There is not a grading system for IBD infusion-related reactions. To standardise we used the cancer Common Terminology Criteria for Adverse Events; grade 3 and above is designated severe (grade 5 being death).
Results
For infliximab 130 patients were reviewed with 2607 infusions administered in total. For vedolizumab 69 patients were reviewed with 557 infusions administered in total.
| Number of Patients | Number of Infusions | Number of Infusion-related Reactions | Reaction | Infusion Number Reaction Occurred On | Grade | Symptoms | Management | Therapy Continued | ||
| Infliximab | Induction | 130 | 2607 | 3 | 1 | 1 | 2 | Itching | Chlorphenamine IV | Yes |
| 2 | 2 | 2 | Flushing and chest tightness | Hydrocortisone IV, chlorphenamine IV + paracetamol oral (PO) | No - switched | |||||
| 3 | 3 | 2 | Shortness of breath | Chlorphenamine IV | Yes | |||||
| Maintenance | 121 | 2583 | 0 | NA | NA | NA | NA | NA | NA | |
| Vedolizumab | Induction | 69 | 557 | 1 | 1 | 1 | 1 | Headache | Paracetamol PO | Yes |
| Maintenance | 64 | 550 | 0 | NA | NA | NA | NA | NA | NA |
NA, non applicable.
Due to the small sample size significance could not be reached.
The survival plot indicates high levels of ‘no reactions’ observed in the first 4 infusions of infliximab 97.7% (+1.6%, -4.7%), and first 3 infusions of vedolizumab 96.9% (+2.3%, −8.8%).
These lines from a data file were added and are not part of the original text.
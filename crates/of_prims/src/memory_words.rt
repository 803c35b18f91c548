ghost use Rattle.std.specs.Prelude.{◌≡◌, ◌∷◌};
ghost use Rattle.of_cells.specs.Outcomes.{Becomes};
ghost use Rattle.of_fcodes.specs.declared.words.MemoryWord.{MemoryWord};
ghost use Rattle.of_prims.specs.Memory.{memory_entry, value_stored, with_sign, order_of};

use crate::faults::{cell_at, check_read, check_write, put_cell, slice, thrown};
use of_cells::Cell;
use of_fcodes::MemoryWord;
use of_memory::{Memory, Width, parts_are_good};
use of_stacks::{DataStack, Throw};

/// `@` ( a -- x ), or -4, -9, -23; by itself for programs that run it often.
#[tactic(auto, unfolding(crate::specs::Memory::memory_entry))]
#[inline(always)]
pub fn fetch(stack: &mut DataStack, memory: &Memory) -> Result<(), Throw>
    ensures { Becomes (memory_entry MemoryWord.Fetch stack.old memory.now)
        (stack.old, memory.now) (stack.new, memory.now) result }
{
    let a = stack.peek()?;
    let x = thrown(memory.read32(a))?;
    stack.replace_top(x);
    Ok(())
}

/// `c@` ( a -- byte ), or -4, -9; by itself for programs that run it often.
#[tactic(auto, unfolding(crate::specs::Memory::memory_entry))]
#[inline(always)]
pub fn fetch_byte(stack: &mut DataStack, memory: &Memory) -> Result<(), Throw>
    ensures { Becomes (memory_entry MemoryWord.FetchByte stack.old memory.now)
        (stack.old, memory.now) (stack.new, memory.now) result }
{
    let a = stack.peek()?;
    let x = thrown(memory.read8(a))?;
    stack.replace_top(Cell(u32::from(x)));
    Ok(())
}

/// `!` ( x a -- ), or -4, -9, -23, -20; by itself for programs that run it often.
#[tactic(auto, unfolding(crate::specs::Memory::memory_entry))]
#[inline(always)]
pub fn store(stack: &mut DataStack, memory: &mut Memory) -> Result<(), Throw>
    ensures { Becomes (memory_entry MemoryWord.Store stack.old memory.old)
        (stack.old, memory.old) (stack.new, memory.new) result }
{
    let (x, a) = stack.top_two()?;
    thrown(memory.write32(a, x))?;
    stack.drop_top(2);
    Ok(())
}

/// `c!` ( x a -- ) the low byte, or -4, -9, -20; by itself for programs that run it often.
#[tactic(auto, unfolding(crate::specs::Memory::memory_entry))]
#[inline(always)]
pub fn store_byte(stack: &mut DataStack, memory: &mut Memory) -> Result<(), Throw>
    ensures { Becomes (memory_entry MemoryWord.StoreByte stack.old memory.old)
        (stack.old, memory.old) (stack.new, memory.new) result }
{
    let (x, a) = stack.top_two()?;
    thrown(memory.write8(a, x.low_byte().0 as u8))?;
    stack.drop_top(2);
    Ok(())
}

/// ( a -- half )
#[tactic(auto, unfolding(crate::specs::Memory::memory_entry))]
#[inline]
fn fetch_half(stack: &mut DataStack, memory: &Memory) -> Result<(), Throw>
    ensures { Becomes (memory_entry MemoryWord.FetchWord stack.old memory.now)
        (stack.old, memory.now) (stack.new, memory.now) result }
{
    let a = stack.peek()?;
    let x = thrown(memory.read16(a))?;
    stack.replace_top(Cell(u32::from(x)));
    Ok(())
}

/// ( a -- half ) with its sign.
#[tactic(auto, unfolding(crate::specs::Memory::memory_entry))]
#[inline]
fn fetch_signed_half(stack: &mut DataStack, memory: &Memory) -> Result<(), Throw>
    ensures { Becomes (memory_entry MemoryWord.FetchSignedWord stack.old memory.now)
        (stack.old, memory.now) (stack.new, memory.now) result }
{
    let a = stack.peek()?;
    let half = thrown(memory.read16(a))?;
    stack.replace_top(with_sign(half));
    Ok(())
}

/// ( a -- ) a cell goes to the address.
#[inline]
fn store_value(value: Cell, stack: &mut DataStack, memory: &mut Memory) -> Result<(), Throw>
    ensures { Becomes (value_stored value stack.old memory.old) (stack.old, memory.old) (stack.new, memory.new) result }
{
    let a = stack.peek()?;
    thrown(memory.write32(a, value))?;
    stack.drop_top(1);
    Ok(())
}

/// The cell of a number of 16 bits with its sign.
fn with_sign(half: u16) -> Cell
    ensures { result ≡ with_sign half }
{
    if half < 1 << 15 {
        Cell(u32::from(half))
    } else {
        Cell(u32::from(half) + 0xffff_0000)
    }
}

/// -1, 0 or 1 as the first differing byte of two texts is less, absent or greater in the first.
fn order_of(first: &[u8], second: &[u8]) -> Cell
    ensures { result ≡ order_of first.now second.now }
{
    let mut first = first;
    let mut second = second;
    while let [x, xs @ ..] = first {
        let [y, ys @ ..] = second else {
            return Cell::ZERO;
        };
        if x < y {
            return Cell::TRUE;
        }
        if y < x {
            return Cell::ONE;
        }
        first = xs;
        second = ys;
    }
    Cell::ZERO
}

/// ( n a -- ) adds to the cell at the address.
#[tactic(auto, unfolding(crate::specs::Memory::memory_entry))]
#[inline(never)]
fn add_to_cell(stack: &mut DataStack, memory: &mut Memory) -> Result<(), Throw>
    ensures { Becomes (memory_entry MemoryWord.PlusStore stack.old memory.old)
        (stack.old, memory.old) (stack.new, memory.new) result }
{
    parts_are_good();
    let (n, a) = stack.top_two()?;
    check_write(memory, a, Cell(4), Width::Four)?;
    let sum = cell_at(memory, a).add(n);
    put_cell(memory, a, sum);
    stack.drop_top(2);
    Ok(())
}

/// ( x a -- ) the low 16 bits go to the address.
#[tactic(auto, unfolding(crate::specs::Memory::memory_entry))]
fn store_half(stack: &mut DataStack, memory: &mut Memory) -> Result<(), Throw>
    ensures { Becomes (memory_entry MemoryWord.StoreWord stack.old memory.old)
        (stack.old, memory.old) (stack.new, memory.new) result }
{
    let (x, a) = stack.top_two()?;
    thrown(memory.write16(a, x.low_half().0 as u16))?;
    stack.drop_top(2);
    Ok(())
}

/// ( a -- x y ) the cell at the address on top, and that behind it.
#[tactic(auto, using(crate::proofs::Counting::counts), unfolding(crate::specs::Memory::memory_entry))]
#[inline(never)]
fn fetch_two(stack: &mut DataStack, memory: &Memory) -> Result<(), Throw>
    ensures { Becomes (memory_entry MemoryWord.FetchTwo stack.old memory.now)
        (stack.old, memory.now) (stack.new, memory.now) result }
{
    parts_are_good();
    let a = stack.peek()?;
    check_read(memory, a, Cell(8), Width::Four)?;
    stack.room_for(1)?;
    let y = cell_at(memory, a);
    let x = cell_at(memory, a.add(Cell(4)));
    stack.replace_top(x);
    stack.push(y);
    Ok(())
}

/// ( x y a -- ) the top cell goes to the address, the other one behind it.
#[tactic(auto, unfolding(crate::specs::Memory::memory_entry))]
#[inline(never)]
fn store_two(stack: &mut DataStack, memory: &mut Memory) -> Result<(), Throw>
    ensures { Becomes (memory_entry MemoryWord.StoreTwo stack.old memory.old)
        (stack.old, memory.old) (stack.new, memory.new) result }
{
    parts_are_good();
    let (x, y, a) = stack.top_three()?;
    check_write(memory, a, Cell(8), Width::Four)?;
    put_cell(memory, a, y);
    put_cell(memory, a.add(Cell(4)), x);
    stack.drop_top(3);
    Ok(())
}

/// ( from to n -- ) the destination gets what the source held before.
#[tactic(auto, unfolding(crate::specs::Memory::memory_entry))]
#[inline(never)]
fn move_bytes(stack: &mut DataStack, memory: &mut Memory) -> Result<(), Throw>
    ensures { Becomes (memory_entry MemoryWord.Move stack.old memory.old)
        (stack.old, memory.old) (stack.new, memory.new) result }
{
    let (from, to, n) = stack.top_three()?;
    thrown(memory.copy(from, to, n))?;
    stack.drop_top(3);
    Ok(())
}

/// ( a n byte -- ) each byte of the range gets the low byte.
#[tactic(auto, unfolding(crate::specs::Memory::memory_entry))]
#[inline(never)]
fn fill_bytes(stack: &mut DataStack, memory: &mut Memory) -> Result<(), Throw>
    ensures { Becomes (memory_entry MemoryWord.Fill stack.old memory.old)
        (stack.old, memory.old) (stack.new, memory.new) result }
{
    let (a, n, x) = stack.top_three()?;
    thrown(memory.fill(a, n, x.low_byte().0 as u8))?;
    stack.drop_top(3);
    Ok(())
}

/// ( a b n -- order ) which of two ranges has the greater byte where they first differ.
#[tactic(auto, unfolding(crate::specs::Memory::memory_entry))]
#[inline(never)]
fn compare_bytes(stack: &mut DataStack, memory: &Memory) -> Result<(), Throw>
    ensures { Becomes (memory_entry MemoryWord.Compare stack.old memory.now)
        (stack.old, memory.now) (stack.new, memory.now) result }
{
    let (a, b, n) = stack.top_three()?;
    let first = slice(memory, a, n)?;
    let second = slice(memory, b, n)?;
    let order = order_of(first, second);
    stack.drop_top(3);
    stack.push(order);
    Ok(())
}

/// ( x -- ) a cell is appended at `here`.
#[tactic(auto, unfolding(crate::specs::Memory::memory_entry))]
#[inline(never)]
fn append_cell(stack: &mut DataStack, memory: &mut Memory) -> Result<(), Throw>
    ensures { Becomes (memory_entry MemoryWord.Comma stack.old memory.old)
        (stack.old, memory.old) (stack.new, memory.new) result }
{
    let x = stack.peek()?;
    thrown(memory.append(&x.0.to_be_bytes()))?;
    stack.drop_top(1);
    Ok(())
}

/// ( x -- ) the low 16 bits are appended at `here`.
#[tactic(auto, unfolding(crate::specs::Memory::memory_entry))]
#[inline(never)]
fn append_half(stack: &mut DataStack, memory: &mut Memory) -> Result<(), Throw>
    ensures { Becomes (memory_entry MemoryWord.CommaWord stack.old memory.old)
        (stack.old, memory.old) (stack.new, memory.new) result }
{
    let x = stack.peek()?;
    let half = x.low_half().0 as u16;
    thrown(memory.append(&half.to_be_bytes()))?;
    stack.drop_top(1);
    Ok(())
}

/// ( x -- ) the low byte is appended at `here`.
#[tactic(auto, unfolding(crate::specs::Memory::memory_entry))]
#[inline(never)]
fn append_byte(stack: &mut DataStack, memory: &mut Memory) -> Result<(), Throw>
    ensures { Becomes (memory_entry MemoryWord.CommaByte stack.old memory.old)
        (stack.old, memory.old) (stack.new, memory.new) result }
{
    let x = stack.peek()?;
    let byte = x.low_byte().0 as u8;
    thrown(memory.append(&byte.to_be_bytes()))?;
    stack.drop_top(1);
    Ok(())
}

/// ( a n -- ) gives a block of the heap back.
#[tactic(auto, unfolding(crate::specs::Memory::memory_entry))]
#[inline(never)]
fn give_back(stack: &mut DataStack, memory: &mut Memory) -> Result<(), Throw>
    ensures { Becomes (memory_entry MemoryWord.FreeMem stack.old memory.old)
        (stack.old, memory.old) (stack.new, memory.new) result }
{
    let (a, n) = stack.top_two()?;
    thrown(memory.heap_give(a, n))?;
    stack.drop_top(2);
    Ok(())
}

/// Runs a word of the group Memory over the data stack and the data space; a throw changes
/// nothing.
///
/// -4 where a cell is missing, then -9, -23 or -20 where a range can't be read or written, -24
/// where no block is given back, -8 where the data region is full, -3 where the stack has no room.
#[tactic(auto, unfolding(crate::specs::Memory::memory_entry))]
#[inline(always)]
pub fn run_memory_word(
    word: MemoryWord,
    stack: &mut DataStack,
    memory: &mut Memory,
) -> Result<(), Throw>
    ensures { Becomes (memory_entry word stack.old memory.old) (stack.old, memory.old) (stack.new, memory.new) result }
{
    match word {
        MemoryWord::On => store_value(Cell::TRUE, stack, memory)?,
        MemoryWord::Off => store_value(Cell::ZERO, stack, memory)?,
        MemoryWord::PlusStore => add_to_cell(stack, memory)?,
        MemoryWord::Fetch => fetch(stack, memory)?,
        MemoryWord::FetchLong => fetch(stack, memory)?,
        MemoryWord::FetchWord => fetch_half(stack, memory)?,
        MemoryWord::FetchSignedWord => fetch_signed_half(stack, memory)?,
        MemoryWord::FetchByte => fetch_byte(stack, memory)?,
        MemoryWord::Store => store(stack, memory)?,
        MemoryWord::StoreLong => store(stack, memory)?,
        MemoryWord::StoreWord => store_half(stack, memory)?,
        MemoryWord::StoreByte => store_byte(stack, memory)?,
        MemoryWord::FetchTwo => fetch_two(stack, memory)?,
        MemoryWord::StoreTwo => store_two(stack, memory)?,
        MemoryWord::Move => move_bytes(stack, memory)?,
        MemoryWord::Fill => fill_bytes(stack, memory)?,
        MemoryWord::Compare => compare_bytes(stack, memory)?,
        MemoryWord::CommaByte => append_byte(stack, memory)?,
        MemoryWord::CommaWord => append_half(stack, memory)?,
        MemoryWord::CommaLong => append_cell(stack, memory)?,
        MemoryWord::Comma => append_cell(stack, memory)?,
        MemoryWord::FreeMem => give_back(stack, memory)?,
    }
    Ok(())
}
Considering capacity over 12 weeks, for infliximab a minimum of 121 could be recouped and 64 h for vedolizumab. Extrapolated this could equate to 740 h per year.
Conclusion
All reactions occurred within three infusions, were non-severe and managed within the infusion clinic. By removing the observation period from infusion 4 onwards, infusion clinic capacity could be increased but further data from multiple centres are required to prove significance.